The impact of HIV/AIDS on Uganda’s economy can be seen in the depleted labour force, reduced agricultural output and food security resulting from inability of the sick to engage in economic activities, mostly farming.
Declining success against HIV/AIDS
According to the 2010 National HIV&AIDS Stakeholders & Services Mapping Report, sexual transmission continues to contribute 76% of new HIV infections while mother to child transmission contributes 22%. Currently, estimates indicate that over 100,000 new infections occur annually (during 2008, an estimated 110,694 new HIV infections occurred countrywide and approximately 61,306 people died from AIDS related illness in 2008).
Commercial sex workers, their clients and partners of clients contribute 10% of new infections. Men who have sex with men (homosexuals) and intravenous drug users contribute less than 1%.
According to this report, Ugandan adults living in urban areas are almost twice as likely to be infected with HIV compared to their rural counterparts, yet those in urban areas are presumably more informed about preventive measures against HIV.
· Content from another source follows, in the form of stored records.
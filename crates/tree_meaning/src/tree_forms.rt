//! What the table of a tree keeps.
//!
//! The rows that a tree resolves to are in package form, closed where its imports are, and each scope's names differ;
//! what passes a limit is told by the names alone, and so all tables of one tree are the same. Nothing here runs:
//! `tree_rows` names these laws in its contract. It stands on `tree_meaning`.
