//! What a syntax tree means: the definitions, and what follows of them alone.
//!
//! `specs/Resolves.antt` says which package a tree resolves to, and when it is refused; `specs/Declarations.antt` what
//! its interfaces and worlds declare, `specs/Resolved.antt` what each definition means, `specs/Building.antt` what a
//! table keeps while it is made. `tree_forms` has laws of such tables. Nothing here
//! runs. It stands on `wit_tokens` and `package_form`.
#![tactic(auto)]

pub mod tree_forms;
The report also notes worsening of behavioural indicators especially an increase in multiple concurrent partnerships. There has also been a shift in the epidemic from people in single casual relationships to those in long-term stable relationships. “Incidence modeling reveals that 43% of new HIV infections are among monogamous relationships while 46% are among persons reporting multiple partnerships and their partners,” the report says.
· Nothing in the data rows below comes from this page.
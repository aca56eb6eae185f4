// The calls on packets, each on a record of the data: whether it answers what the Rust answered, and leaves every byte
// of the output as the record has it.
#![tactic(auto)]

use plan::TrafficPlan;
use replay_data::Reader;
use testkit_packets::{TestkitPlanForecast, TestkitTpdu, TestkitWritten};

// A list of bytes after its checksum. The call refuses nothing.
pub fn checksum(number: u8, mut data: Reader) -> bool {
    let due = data.word();
    number == 0 && testkit_packets::testkit_checksum(data.rest()) == due
}

// A flow, in 37 bytes.
#[derive(Clone, Copy)]
struct Flow {
    version: u8,
    src: [u8; 16],
    dst: [u8; 16],
    src_port: u16,
    dst_port: u16,
}

fn read_flow(data: &mut Reader) -> Flow {
    Flow {
        version: data.byte(),
        src: data.bytes(),
        dst: data.bytes(),
        src_port: data.word(),
        dst_port: data.word(),
    }
}

// How many bytes a call writes.
fn written_due(number: u8, data: &mut Reader) -> TestkitWritten {
    TestkitWritten {
        number,
        bytes: usize::from(data.word()),
    }
}

// A flow; a sequence and a time, 16 bytes; how many bytes are written; and the output afterwards.
pub fn build(number: u8, mut data: Reader) -> bool {
    let flow = read_flow(&mut data);
    let sequence = data.number();
    let send_timestamp_ns = data.number();
    let due = written_due(number, &mut data);
    replay_data::writes(data.rest(), |out| {
        let built = testkit_packets::testkit_build(
            flow.version,
            &flow.src,
            &flow.dst,
            flow.src_port,
            flow.dst_port,
            sequence,
            send_timestamp_ns,
            out,
        );
        built == due
    })
}

// What is read: a flow, a sequence and a time, 53 bytes; and the T-PDU.
pub fn decode(number: u8, mut data: Reader) -> bool {
    let flow = read_flow(&mut data);
    let due = TestkitTpdu {
        number,
        version: flow.version,
        src_port: flow.src_port,
        dst_port: flow.dst_port,
        sequence: data.number(),
        send_timestamp_ns: data.number(),
    };
    let mut src = replay_data::LENT_ADDRESS;
    let mut dst = replay_data::LENT_ADDRESS;
    let read = testkit_packets::testkit_decode(data.rest(), &mut src, &mut dst);
    read == due && src == flow.src && dst == flow.dst
}

// How many bytes are written, the output's length and the output afterwards; and the T-PDU.
pub fn echo(number: u8, mut data: Reader) -> bool {
    let due = written_due(number, &mut data);
    let length = usize::from(data.word());
    let out_due = data.take(length);
    replay_data::writes(out_due, |out| {
        testkit_packets::testkit_echo(data.rest(), out) == due
    })
}

fn read_plan(data: &mut Reader) -> TrafficPlan {
    TrafficPlan {
        packet_count: data.number(),
        target_rate_pps: data.number(),
        first_send_timestamp_ns: data.number(),
    }
}

// The forecast of a plan that is generated so. The last packet's sequence is one below the next sequence afterwards,
// and its time stands at the end of the bytes that are written. Where none is written there is no last packet.
fn forecast_due(generated: TestkitWritten, next_sequence: u64, out: &[u8]) -> TestkitPlanForecast {
    let written = out.get(..generated.bytes).unwrap_or(&[]);
    let last = written.last_chunk().map(|time| u64::from_be_bytes(*time));
    TestkitPlanForecast {
        number: generated.number,
        has_last: last.is_some(),
        bytes: generated.bytes,
        last_sequence: last.map_or(0, |_| next_sequence.wrapping_sub(1)),
        last_send_timestamp_ns: last.unwrap_or(0),
    }
}

// A flow; a plan's count, rate and first time, and the next sequence; the next sequence afterwards; how many bytes are
// written; and the output afterwards. The plan is forecast too. No record has 15, by which no forecast refuses.
pub fn generate(number: u8, mut data: Reader) -> bool {
    let flow = read_flow(&mut data);
    let plan = read_plan(&mut data);
    let next_sequence = data.number();
    let next_sequence_due = data.number();
    let due = written_due(number, &mut data);
    let out_due = data.rest();
    let forecast_due = forecast_due(due, next_sequence_due, out_due);
    let generates = replay_data::writes(out_due, |out| {
        let mut next_sequence = next_sequence;
        let generated = testkit_packets::testkit_generate(
            flow.version,
            &flow.src,
            &flow.dst,
            flow.src_port,
            flow.dst_port,
            plan,
            &mut next_sequence,
            out,
        );
        generated == due && next_sequence == next_sequence_due
    });
    generates
        && testkit_packets::testkit_forecast(flow.version, plan, next_sequence) == forecast_due
}

// The elements of an Error Indication. The Rust does not tell which tunnel they name; a refusal names none: version 4
// and TEID 0, and the address is as it was lent.
pub fn elements(number: u8, data: Reader) -> bool {
    let mut peer_address = replay_data::LENT_ADDRESS;
    let answer = testkit_packets::testkit_validate_elements(data.rest(), &mut peer_address);
    let names_no_tunnel = answer.version == 4
        && answer.teid == 0
        && peer_address == replay_data::LENT_ADDRESS;
    answer.number == number && (number == 0 || names_no_tunnel)
}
The latest Uganda HIV/AIDS sero-behavioral survey shows that HIV infection levels for both males and females is highest among those in age category of 30-40 years. This age bracket is presumed to be having adequate knowledge on prevention of HIV infections.
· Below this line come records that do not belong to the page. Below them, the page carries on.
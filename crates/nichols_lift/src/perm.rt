//! Permutations of few places, kept inline.

ghost use Rattle.std.specs.Prelude.{◌≡◌, ◌≤◌, ◌↔◌, IsTrue, MatchOption, length};
ghost use Rattle.nichols_braid.specs.Rearrangement.{IsRearrangement};
ghost use Rattle.nichols_braid.specs.Lift.{IsDescentAt, exchanged_at, first_descent};
ghost use Rattle.nichols_lift.specs.declared.TheConstants.{PLACE_LIMIT};
ghost use Rattle.nichols_lift.specs.Perm.{IsPerm};

use crate::PLACE_LIMIT;
use std::marker::Model;

/// A permutation of at most [`PLACE_LIMIT`] places, by its end places: entry j says where the letter at place j ends.
#[derive(Clone, Copy)]
pub struct Perm {
    len: usize,
    ends: [u8; PLACE_LIMIT],
}

impl Model for Perm {
    ghost use Rattle.std.specs.Prelude.{ℕ, List, take};
    ghost use Rattle.nichols_tensor.specs.Inline.{IsInline};
    ghost use Rattle.nichols_lift.specs.declared.TheConstants.{PLACE_LIMIT};
    ghost use Rattle.nichols_lift.specs.Perm.{IsPerm};

    ghost Value = { List ℕ };

    ghost view = { λ p. take p.len p.ends };

    ghost invariant = { λ p. IsInline PLACE_LIMIT IsPerm p.len p.ends };

    ghost use Rattle.nichols_lift.specs.PermFields.{fields_of, fields_back};

    ghost inverse = { fields_of };

    ghost inverse_ok = { fields_back };
}

impl Perm {
    /// The permutation with these end places. It is `None` where they are more than [`PLACE_LIMIT`], or no rearrangement of 1 to their number.
    pub fn new(ends: &[u8]) -> Option<Perm>
        ensures { MatchOption result (IsPerm ends.now → ⊥) (λ p. (p ≡ ends.now) × IsPerm ends.now) }
    {
        if ends.len() > PLACE_LIMIT || !is_rearrangement(ends) {
            return None;
        }
        let mut places = [0; PLACE_LIMIT];
        places[..ends.len()].copy_from_slice(ends);
        Some(Perm {
            len: ends.len(),
            ends: places,
        })
    }

    /// The end places; a caller learns here, too, what holds of each permutation.
    pub fn ends(&self) -> &[u8]
        ensures same { result.now ≡ self.now }
        ensures perm { IsPerm self.now }
    {
        &self.ends[..self.len]
    }

    /// The least place, from 1, whose end place is greater than the next one.
    pub(crate) fn first_descent(&self) -> Option<usize>
        ensures { result ≡ first_descent self.now }
    {
        descent_in(self.ends())
    }

    /// Exchanges the end places at a place and the next.
    pub(crate) fn exchange(&mut self, place: usize)
        requires { IsDescentAt place self.old }
        ensures { self.new ≡ exchanged_at place self.old }
    {
        self.ends.swap(place - 1, place);
    }
}

/// Whether the entries are a rearrangement of 1 to their number: each of these stands among them.
fn is_rearrangement(ends: &[u8]) -> bool
    requires { length ends.now ≤ PLACE_LIMIT }
    ensures { IsTrue result ↔ IsRearrangement (length ends.now) ends.now }
{
    for i in 0..ends.len() {
        let place = i as u8 + 1;
        if !ends.contains(&place) {
            return false;
        }
    }
    true
}

/// The least place, from 1, whose entry is greater than the next one.
fn descent_in(ends: &[u8]) -> Option<usize>
    ensures { result ≡ first_descent ends.now }
{
    for i in 1..ends.len() {
        if ends[i - 1] > ends[i] {
            return Some(i);
        }
    }
    None
}
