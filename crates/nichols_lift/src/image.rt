//! Images under the quantum symmetrizer.

ghost use Rattle.std.specs.Prelude.{◌≡◌, ◌≤◌, ◌<◌, ◌++◌, ℕ, IfOk, length};
ghost use Rattle.std.specs.Result.{OnOk};
ghost use Rattle.std.specs.List.{AllByRecursion};
ghost use Rattle.nichols_tensor.specs.declared.TheConstants.{LETTER_LIMIT, WORD_LIMIT};
ghost use Rattle.nichols_tensor.specs.Combination.{AllElements, HasSameValues};
ghost use Rattle.nichols_tensor.specs.WordOrder.{IsOrdered};
ghost use Rattle.nichols_tensor.specs.Words.{HasDegree, IsLetterOf, IsOver};
ghost use Rattle.nichols_braid.specs.RightProduct.{times_letter};
ghost use Rattle.nichols_braid.specs.Symmetrizer.{symmetrizer_image};
ghost use Rattle.nichols_lift.specs.declared.TheConstants.{PLACE_LIMIT};
ghost use Rattle.nichols_lift.specs.Lengths.{AllAtMost};

use crate::PLACE_LIMIT;
use nichols_braid::Braid;
use nichols_deriv::derive;
use nichols_words::{Comb, Term, Word};
use std::alloc::{AllocError, Global};

/// The image of a combination of words of at most [`PLACE_LIMIT`] letters under the quantum symmetrizer: of each word that of its own degree.
///
/// It is found by the factorisation of the symmetrizer through the skew derivations, and not by a lift for each permutation.
/// The source is Heckenberger and Schneider, "Hopf Algebras and Root Systems".
pub fn symmetrize(alloc: Global, braid: &Braid, comb: &Comb) -> Result<Comb, AllocError>
    requires lengths { AllAtMost PLACE_LIMIT comb.now }
    requires letters { IsOver braid.now.letters comb.now }
    requires elements { AllElements braid.now.field comb.now }
    ensures value { IfOk result (λ r. HasSameValues braid.now.field r (symmetrizer_image braid.now comb.now)) }
    ensures shape { IfOk result IsOrdered }
    ensures elements { IfOk result (AllElements braid.now.field) }
    ensures letters { IfOk result (IsOver braid.now.letters) }
    ensures degree { IfOk result (λ r. (m : ℕ) → HasDegree m comb.now → HasDegree m r) }
{
    image_below(alloc, braid, comb, PLACE_LIMIT)
}

/// The image of a combination of words of at most `limit` letters: its constant term, and for each letter the image of the
/// derivative with the letter put behind.
fn image_below(alloc: Global, braid: &Braid, comb: &Comb, limit: usize) -> Result<Comb, AllocError>
    requires limit { limit ≤ PLACE_LIMIT }
    requires lengths { AllAtMost limit comb.now }
    requires letters { IsOver braid.now.letters comb.now }
    requires elements { AllElements braid.now.field comb.now }
    ensures value { IfOk result (λ r. HasSameValues braid.now.field r (symmetrizer_image braid.now comb.now)) }
    ensures shape { IfOk result IsOrdered }
    ensures elements { IfOk result (AllElements braid.now.field) }
    ensures lengths { IfOk result (AllAtMost limit) }
    ensures letters { IfOk result (IsOver braid.now.letters) }
    ensures degree { IfOk result (λ r. (m : ℕ) → HasDegree m comb.now → HasDegree m r) }
{
    let field = braid.field();
    if limit == 0 {
        let image = comb.copy(alloc)?;
        return Ok(image);
    }
    let mut terms = Vec::new(alloc);
    let constant = Term {
        word: Word::empty(),
        coefficient: comb.coefficient(&Word::empty()),
    };
    terms.push(constant)?;
    for i in 0..braid.letters() {
        let letter = i + 1;
        let derivative = derive(alloc, braid, letter, comb)?;
        if !derivative.is_zero() {
            let part = image_below(alloc, braid, &derivative, limit - 1)?;
            put_behind(&part, letter, &mut terms)?;
        }
    }
    let image = Comb::sum_of(alloc, field, terms.as_mut_slice())?;
    Ok(image)
}

/// Puts the terms of a combination behind those that are there, each with the letter behind its word.
fn put_behind(part: &Comb, letter: u8, terms: &mut Vec<Term>) -> Result<(), AllocError>
    requires letter { IsLetterOf LETTER_LIMIT letter }
    requires room { AllByRecursion (λ t. length t.word < WORD_LIMIT) part.now }
    ensures { OnOk result (terms.new.items ≡ terms.old.items ++ times_letter part.now letter) }
{
    for term in part.terms() {
        terms.push(Term {
            word: term.word.followed_by(letter),
            coefficient: term.coefficient,
        })?;
    }
    Ok(())
}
The report also shows that women have higher predominance of HIV infection across all age categories and regions of the country, the reason many activists have been calling for an anti-HIV/ADS strategy and policy that focuses on the vulnerability of women.
Dr. Kihumuro says that all these facts point to the biggest concern in Uganda’s fight against HIV/AIDS, namely, the fact that the country’s HIV prevalence has stagnated between 6 and 7.2 percent since 2001.
“People now think that because we have had HIV for so many years, it is a normal condition among the population,” he says.
Uganda’s new National HIV&AIDS Strategic Plan (NSP) 2007/08-2011/12 and the second Health Sector Strategic Plan 2005-2010 (HSSP-11) spell out the country’s priority of comprehensive, evidence-based HIV prevention interventions to be implemented on a commensurate scale with careful analysis of the current drivers of the HIV epidemic.
Uganda has confirmed itself to Universal Access (UA) to HIV&AIDS prevention, care and treatment in line with World Health Organisation and UNAIDS recommendations. But debates are rolling on whether something new needs to be done in the country’s HIV/AIDS prevention strategy or the response to the pandemic as a whole.
There is growing disagreements of what is effective within the ABC method for prevention of HIV infection as well as growing dissatisfaction with ABC as a whole.
The debates with the ABC HIV prevention method
Since 2004, there has been a growing debate about the merits and demerits of the ABC components and also the sufficiency of the ABC approach, as a package in responding to sexual transmission of HIV. Following years of a near miraculous reversal of HIV prevalence, there is general fear that the country is becoming complacent and slowly slipping back into the danger zone. The failure to reduce HIV infections since 2002 has resulted in the questioning of the effectiveness of the current prevention interventions.
The ABC approach has been besieged with a heated debate about the effectiveness and feasibility of its individual components. Some people have emphasized abstinence and be faithful only programs, while other are quick to front condom use citing the risky nature of many people’s sexual behavior.